◆ **EXERCISE**: Print all of the data exactly, with no line missing.

Data excerpts:

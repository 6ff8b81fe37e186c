use relay_envelope::Envelope;

/// A mail object (RFC 5321, section 2.3.1), of which an attempt relays what never changes.
#[derive(Clone, Copy)]
pub struct MailObject<'a> {
    /// Who sent it to whom, and with which parameters.
    pub envelope: &'a Envelope,
    /// The content after its time stamp line, as it is relayed.
    pub stored_text: &'a [u8],
}
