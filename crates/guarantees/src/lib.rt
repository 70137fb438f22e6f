// The buyer's demands, 01's starred cases and the change requests as statements, in `specs/`, with their proofs in `proofs/`. There is no code here.
#![tactic(auto)]
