// A run, and what comes of it.
//
// Words are parted by spaces. The script is the file `s`. Other files are parted by `|`, each as its name, `:` and its bytes, where `~` stands
// for the byte 255. A run ends with a number and, behind a space, a line. Files that it doesn't write stay as they were.
#[derive(Clone, Copy)]
struct Run<'a> {
    words: &'a str,
    script: &'a str,
    files: &'a str,
    // The read and the write that fail, counted from 1; 0 is none.
    failing_read: u64,
    failing_write: u64,
    ends: &'a str,
    written: &'a str,
}

const COPY: Run<'static> = Run {
    words: "scope run s",
    script: "e = EXTRACT a:int, b FROM \"in\" USING TextExtractor; OUTPUT e TO \"out\";",
    files: "in:1,x\n2,y\n",
    failing_read: 0,
    failing_write: 0,
    ends: "0",
    written: "out:1,x\n2,y\n",
};

// A copy that ends before it writes.
const STOPS: Run<'static> = Run {
    written: "",
    ..COPY
};

// A copy of a stream of two parts.
const SIZED: Run<'static> = Run {
    words: "scope run s --sizes z",
    files: "z:stream,in,4,2\n|in.0:1,x\n|in.1:2,y\n",
    ..COPY
};

// The second stream is read first and once, for its result is shared.
const SHARED: Run<'static> = Run {
    script: "a = EXTRACT a FROM \"in\" USING TextExtractor; b = EXTRACT b:int FROM \"in2\" USING TextExtractor; OUTPUT a TO \"out\"; OUTPUT b TO \"out2\"; OUTPUT b TO \"out3\";",
    files: "in:x\n|in2:2\n|out:old\n|out2:old\n",
    written: "out:x\n|out2:2\n|out3:2\n",
    ..COPY
};

// Two EXTRACTs name one stream, which is read twice.
const TWICE: Run<'static> = Run {
    script: "e = EXTRACT a:int, b FROM \"in\" USING TextExtractor; f = EXTRACT c, d FROM \"in\" USING TextExtractor; OUTPUT e TO \"out\"; OUTPUT f TO \"out2\";",
    written: "out:1,x\n2,y\n|out2:1,x\n2,y\n",
    ..COPY
};

const STORED: Run<'static> = Run {
    script: "e = EXTRACT a:int, b FROM \"in\" USING TextExtractor; OUTPUT e TO \"out\" STORED HASH(a);",
    ends: "20 scope: not built",
    ..STOPS
};

const SELECT: Run<'static> = Run {
    script: "e = EXTRACT k, v:int FROM \"in\" USING TextExtractor; f = SELECT k, v * 2 AS w FROM e WHERE v >= 2; OUTPUT f TO \"out\";",
    files: "in:a,1\nb,2\nc,\nd,7\n",
    written: "out:b,4\nd,14\n",
    ..COPY
};

const MARKED: Run<'static> = Run {
    script: "e = EXTRACT m FROM \"in\" USING Marking; OUTPUT e TO \"out\";",
    files: "in:1\n2,3\n",
    written: "out:seen\nseen\n",
    ..COPY
};

const REFUSED: Run<'static> = Run {
    script: "e = EXTRACT m FROM \"in\" USING Silent; OUTPUT e TO \"out\";",
    ends: "9 scope: in: part 0: record 1",
    ..STOPS
};

// The sizes and the stream would end the run too, but nothing is read behind the script.
const FAULTY: Run<'static> = Run {
    words: "scope run s --sizes z",
    script: "OUTPUT;",
    files: "z:stream\n",
    failing_read: 2,
    ends: "6 scope: statement 1 is outside the grammar",
    ..STOPS
};

// Nothing is read for these words.
const UNREADABLE: Run<'static> = Run {
    failing_read: 1,
    ends: "20 scope: not built",
    ..STOPS
};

◆ **YOUR RESPONSE**:
repository 6ff8b81fe37e186c
use relay_envelope::Envelope;

/// A mail object (RFC 5321, section 2.3.1), of which an attempt relays what never changes.
#[derive(Clone, Copy)]
pub struct MailObject<'a> {
    /// Who sent it to whom, and with which parameters.
    pub envelope: &'a Envelope,
    /// The content after its time stamp line, as it is relayed.
    pub stored_text: &'a [u8],
}
filename crates/guarantees/src/lib.rt
repository 70137fb438f22e6f
// The buyer's demands, 01's starred cases and the change requests as statements, in `specs/`, with their proofs in `proofs/`. There is no code here.
#![tactic(auto)]
// A run, and what comes of it.
//
// Words are parted by spaces. The script is the file `s`. Other files are parted by `|`, each as its name, `:` and its bytes, where `~` stands
// for the byte 255. A run ends with a number and, behind a space, a line. Files that it doesn't write stay as they were.
#[derive(Clone, Copy)]
struct Run<'a> {
    words: &'a str,
    script: &'a str,
    files: &'a str,
    // The read and the write that fail, counted from 1; 0 is none.
    failing_read: u64,
    failing_write: u64,
    ends: &'a str,
    written: &'a str,
}

const COPY: Run<'static> = Run {
    words: "scope run s",
    script: "e = EXTRACT a:int, b FROM \"in\" USING TextExtractor; OUTPUT e TO \"out\";",
    files: "in:1,x\n2,y\n",
    failing_read: 0,
    failing_write: 0,
    ends: "0",
    written: "out:1,x\n2,y\n",
};

// A copy that ends before it writes.
const STOPS: Run<'static> = Run {
    written: "",
    ..COPY
};

// A copy of a stream of two parts.
const SIZED: Run<'static> = Run {
    words: "scope run s --sizes z",
    files: "z:stream,in,4,2\n|in.0:1,x\n|in.1:2,y\n",
    ..COPY
};

// The second stream is read first and once, for its result is shared.
const SHARED: Run<'static> = Run {
    script: "a = EXTRACT a FROM \"in\" USING TextExtractor; b = EXTRACT b:int FROM \"in2\" USING TextExtractor; OUTPUT a TO \"out\"; OUTPUT b TO \"out2\"; OUTPUT b TO \"out3\";",
    files: "in:x\n|in2:2\n|out:old\n|out2:old\n",
    written: "out:x\n|out2:2\n|out3:2\n",
    ..COPY
};

// Two EXTRACTs name one stream, which is read twice.
const TWICE: Run<'static> = Run {
    script: "e = EXTRACT a:int, b FROM \"in\" USING TextExtractor; f = EXTRACT c, d FROM \"in\" USING TextExtractor; OUTPUT e TO \"out\"; OUTPUT f TO \"out2\";",
    written: "out:1,x\n2,y\n|out2:1,x\n2,y\n",
    ..COPY
};

const STORED: Run<'static> = Run {
    script: "e = EXTRACT a:int, b FROM \"in\" USING TextExtractor; OUTPUT e TO \"out\" STORED HASH(a);",
    ends: "20 scope: not built",
    ..STOPS
};

const SELECT: Run<'static> = Run {
    script: "e = EXTRACT k, v:int FROM \"in\" USING TextExtractor; f = SELECT k, v * 2 AS w FROM e WHERE v >= 2; OUTPUT f TO \"out\";",
    files: "in:a,1\nb,2\nc,\nd,7\n",
    written: "out:b,4\nd,14\n",
    ..COPY
};

const MARKED: Run<'static> = Run {
    script: "e = EXTRACT m FROM \"in\" USING Marking; OUTPUT e TO \"out\";",
    files: "in:1\n2,3\n",
    written: "out:seen\nseen\n",
    ..COPY
};

const REFUSED: Run<'static> = Run {
    script: "e = EXTRACT m FROM \"in\" USING Silent; OUTPUT e TO \"out\";",
    ends: "9 scope: in: part 0: record 1",
    ..STOPS
};

// The sizes and the stream would end the run too, but nothing is read behind the script.
const FAULTY: Run<'static> = Run {
    words: "scope run s --sizes z",
    script: "OUTPUT;",
    files: "z:stream\n",
    failing_read: 2,
    ends: "6 scope: statement 1 is outside the grammar",
    ..STOPS
};

// Nothing is read for these words.
const UNREADABLE: Run<'static> = Run {
    failing_read: 1,
    ends: "20 scope: not built",
    ..STOPS
};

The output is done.